DATA LISTING:
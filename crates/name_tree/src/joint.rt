//! What the levels of a tree do alike: values that stand in three slices become one part or two.

ghost use Rattle.std.specs.Prelude.{◌≡◌, ◌<◌, ◌≤◌, ◌++◌, [], suc, length, take, drop, get_or, IfOk};
ghost use Rattle.name_tree.specs.Tree.{parted};
ghost use Rattle.name_tree.specs.Parts.{one_list};

use crate::few::{Few, Owned};
use omos_base::{NoMemory, Shared};
use std::alloc::Global;

/// One part, or two.
#[derive(Drop)]
pub enum Parts<T> {
    One([T; 1]),
    Two([T; 2]),
}

impl<T> Parts<T> {
    /// The parts.
    pub fn as_slice(&self) -> &[T]
        ensures { result.now ≡ one_list self.now }
    {
        match self {
            Parts::One(parts) => parts.as_slice(),
            Parts::Two(parts) => parts.as_slice(),
        }
    }
}

/// How many values three slices have.
pub fn count_of<T>(front: &[T], new: &[T], back: &[T]) -> usize
    ensures few { result ≤ 65 → result ≡ length (front.now ++ new.now ++ back.now) }
    ensures many { 65 < result → 65 < length (front.now ++ new.now ++ back.now) }
{
    front
        .len()
        .saturating_add(new.len())
        .saturating_add(back.len())
}

/// The values of three slices as one part, or as two where there are 65.
pub fn parted_of<T: Owned>(
    alloc: Global,
    front: &[T],
    new: &[T],
    back: &[T],
) -> Result<Parts<Shared<Few<T>>>, NoMemory>
    requires some { 0 < length (front.now ++ new.now ++ back.now) }
    requires few { length (front.now ++ new.now ++ back.now) ≤ 65 }
    ensures { IfOk result (λ parts. one_list parts ≡ parted (front.now ++ new.now ++ back.now)) }
{
    let count = count_of(front, new, back);
    if count == 65 {
        let low = Few::of(alloc, front, new, back, 0, 32)?;
        let high = Few::of(alloc, front, new, back, 32, 33)?;
        return Ok(Parts::Two([low, high]));
    }
    let whole = Few::of(alloc, front, new, back, 0, count)?;
    Ok(Parts::One([whole]))
}

/// The values of the part of a number, none where no part has it.
pub fn part<T>(parts: &[Shared<Few<T>>], at: usize) -> &[T]
    ensures { result.now ≡ get_or parts.now at [] }
{
    if at < parts.len() {
        parts[at].get().as_slice()
    } else {
        Default::default()
    }
}

/// The values before the one of a number.
pub fn before<T>(list: &[T], at: usize) -> &[T]
    ensures { result.now ≡ take at list.now }
{
    if at < list.len() {
        list.split_at(at).0
    } else {
        list
    }
}

/// The values after the one of a number.
pub fn after<T>(list: &[T], at: usize) -> &[T]
    ensures { result.now ≡ drop (suc at) list.now }
{
    if at < list.len() {
        list.split_at(at + 1).1
    } else {
        list.split_at(list.len()).1
    }
}
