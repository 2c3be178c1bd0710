//! The root of a tree.

ghost use Rattle.std.specs.Prelude.{◌≡◌, [], ◌<◌, ◌++◌, length, IfOk};
ghost use Rattle.name_tree.specs.Parts.{branches_of};

use crate::few::{Few, Small, append};
use crate::joint;
use crate::pages::Branch;
use omos_base::{NoMemory, Row, Shared};
use std::alloc::Global;

/// The branches: up to 8 or up to 64 in place, more in a list of their own. A publish makes all
/// places of the root anew; more than 8 branches have 9,216 paths at least.
#[derive(Drop)]
pub enum Root {
    Small(Shared<Small<Shared<Branch>>>),
    Few(Shared<Few<Shared<Branch>>>),
    Many(Shared<Row<Shared<Branch>>>),
}

impl Root {
    /// No branches.
    pub fn empty(alloc: Global) -> Result<Root, NoMemory>
        ensures { IfOk result (λ root. branches_of root ≡ []) }
    {
        Ok(Root::Many(Shared::of(alloc, Row::new(alloc))?))
    }

    /// A second owner of the same branches.
    pub fn twin(&self) -> Result<Root, NoMemory>
        ensures { IfOk result (λ root. root ≡ self.now) }
    {
        match self {
            Root::Small(branches) => Ok(Root::Small(branches.twin()?)),
            Root::Few(branches) => Ok(Root::Few(branches.twin()?)),
            Root::Many(branches) => Ok(Root::Many(branches.twin()?)),
        }
    }

    /// The branches.
    pub fn as_slice(&self) -> &[Shared<Branch>]
        ensures { result.now ≡ branches_of self.now }
    {
        match self {
            Root::Small(branches) => branches.get().as_slice(),
            Root::Few(branches) => branches.get().as_slice(),
            Root::Many(branches) => branches.get().as_slice(),
        }
    }

    /// A root of the branches of three slices.
    pub fn of(
        alloc: Global,
        front: &[Shared<Branch>],
        new: &[Shared<Branch>],
        back: &[Shared<Branch>],
    ) -> Result<Root, NoMemory>
        requires { 0 < length (front.now ++ new.now ++ back.now) }
        ensures { IfOk result (λ root. branches_of root ≡ front.now ++ new.now ++ back.now) }
    {
        let count = joint::count_of(front, new, back);
        if count <= 8 {
            return Ok(Root::Small(Small::of(alloc, front, new, back, count)?));
        }
        if count <= 64 {
            return Ok(Root::Few(Few::of(alloc, front, new, back, 0, count)?));
        }
        let mut branches = Row::from_vec(Vec::with_capacity(alloc, count)?);
        append(&mut branches, front)?;
        append(&mut branches, new)?;
        append(&mut branches, back)?;
        Ok(Root::Many(Shared::of(alloc, branches)?))
    }
}
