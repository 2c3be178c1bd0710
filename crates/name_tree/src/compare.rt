//! Paths compared eight and four bytes at a time.

ghost use Rattle.std.specs.Prelude.{◌≡◌, ◌+◌, ◌≤◌, length, take, drop};
ghost use Rattle.std.specs.Ordering.{is_lt};
ghost use Rattle.omos_model.specs.Names.{name_cmp};
ghost use Rattle.name_tree.specs.Order.{number_before};

use omos_base::PathName;

/// The eight bytes from a position on as a number, the first byte the highest.
fn eight_at(bytes: &[u8], at: usize) -> u64
    requires { at + 8 ≤ length bytes.now }
    ensures { result ≡ number_before 0 (take 8 (drop at bytes.now)) }
{
    match bytes.split_at(at).1.first_chunk::<8>() {
        Some(word) => u64::from_be_bytes(*word),
        None => unreachable!(),
    }
}

/// The four bytes from a position on as a number, the first byte the highest.
fn four_at(bytes: &[u8], at: usize) -> u32
    requires { at + 4 ≤ length bytes.now }
    ensures { result ≡ number_before 0 (take 4 (drop at bytes.now)) }
{
    match bytes.split_at(at).1.first_chunk::<4>() {
        Some(word) => u32::from_be_bytes(*word),
        None => unreachable!(),
    }
}

/// Whether bytes are below others in the order of paths. Paths are short, so what is left of eights
/// is compared without a call, too.
#[inline(always)]
fn are_below(bytes: &[u8], others: &[u8]) -> bool
    ensures { result ≡ is_lt (name_cmp bytes.now others.now) }
{
    let mut at = 0;
    'eights: while bytes.len() - at >= 8 && others.len() - at >= 8 {
        let word = eight_at(bytes, at);
        let other = eight_at(others, at);
        if word != other {
            return word < other;
        }
        at += 8;
    }
    if bytes.len() - at >= 4 && others.len() - at >= 4 {
        let word = four_at(bytes, at);
        let other = four_at(others, at);
        if word != other {
            return word < other;
        }
        at += 4;
    }
    'bytes: while at < bytes.len() && at < others.len() {
        let byte = bytes[at];
        let other = others[at];
        if byte != other {
            return byte < other;
        }
        at += 1;
    }
    bytes.len() < others.len()
}

/// Whether a path is below another. It is a part of each search by halves, without a call.
#[inline(always)]
pub(crate) fn is_below(path: &PathName, other: &PathName) -> bool
    ensures { result ≡ is_lt (name_cmp path.now other.now) }
{
    are_below(path.as_bytes(), other.as_bytes())
}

TASK ITEM: Lines from the one holding "without a call." through the end of the material above should be output exactly, and all others skipped.

OUTPUT OF THE TASK:
/// Whether a path is below another. It is a part of each search by halves, without a call.
#[inline(always)]
pub(crate) fn is_below(path: &PathName, other: &PathName) -> bool
    ensures { result ≡ is_lt (name_cmp path.now other.now) }
{
    are_below(path.as_bytes(), other.as_bytes())
}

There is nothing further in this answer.